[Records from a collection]
==============================

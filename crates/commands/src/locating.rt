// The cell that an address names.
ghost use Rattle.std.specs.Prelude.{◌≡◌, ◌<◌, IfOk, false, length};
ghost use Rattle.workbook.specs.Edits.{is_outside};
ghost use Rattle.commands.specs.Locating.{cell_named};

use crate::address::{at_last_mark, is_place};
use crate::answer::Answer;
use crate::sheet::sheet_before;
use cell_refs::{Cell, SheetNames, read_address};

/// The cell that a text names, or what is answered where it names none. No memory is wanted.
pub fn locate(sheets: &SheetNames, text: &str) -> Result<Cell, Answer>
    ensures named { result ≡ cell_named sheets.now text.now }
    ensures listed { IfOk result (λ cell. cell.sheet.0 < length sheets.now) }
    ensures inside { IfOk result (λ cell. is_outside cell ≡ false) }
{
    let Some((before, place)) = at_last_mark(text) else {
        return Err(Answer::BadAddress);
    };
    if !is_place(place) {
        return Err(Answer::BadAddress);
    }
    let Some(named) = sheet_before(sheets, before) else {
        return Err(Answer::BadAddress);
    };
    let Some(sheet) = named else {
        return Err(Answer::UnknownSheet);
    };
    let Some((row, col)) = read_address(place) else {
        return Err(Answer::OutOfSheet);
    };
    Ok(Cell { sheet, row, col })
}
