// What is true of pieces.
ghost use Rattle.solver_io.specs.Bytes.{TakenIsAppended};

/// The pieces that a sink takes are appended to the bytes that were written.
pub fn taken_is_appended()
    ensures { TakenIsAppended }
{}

==============================

(WHAT YOU ARE ASKED TO DO)
Each record above needs to be reproduced exactly as written.

(RESULT)
filename crates/commands/src/locating.rt
// The cell that an address names.
ghost use Rattle.std.specs.Prelude.{◌≡◌, ◌<◌, IfOk, false, length};
ghost use Rattle.workbook.specs.Edits.{is_outside};
ghost use Rattle.commands.specs.Locating.{cell_named};

use crate::address::{at_last_mark, is_place};
use crate::answer::Answer;
use crate::sheet::sheet_before;
use cell_refs::{Cell, SheetNames, read_address};

/// The cell that a text names, or what is answered where it names none. No memory is wanted.
pub fn locate(sheets: &SheetNames, text: &str) -> Result<Cell, Answer>
    ensures named { result ≡ cell_named sheets.now text.now }
    ensures listed { IfOk result (λ cell. cell.sheet.0 < length sheets.now) }
    ensures inside { IfOk result (λ cell. is_outside cell ≡ false) }
{
    let Some((before, place)) = at_last_mark(text) else {
        return Err(Answer::BadAddress);
    };
    if !is_place(place) {
        return Err(Answer::BadAddress);
    }
    let Some(named) = sheet_before(sheets, before) else {
        return Err(Answer::BadAddress);
    };
    let Some(sheet) = named else {
        return Err(Answer::UnknownSheet);
    };
    let Some((row, col)) = read_address(place) else {
        return Err(Answer::OutOfSheet);
    };
    Ok(Cell { sheet, row, col })
}
// What is true of pieces.
ghost use Rattle.solver_io.specs.Bytes.{TakenIsAppended};

/// The pieces that a sink takes are appended to the bytes that were written.
pub fn taken_is_appended()
    ensures { TakenIsAppended }
{}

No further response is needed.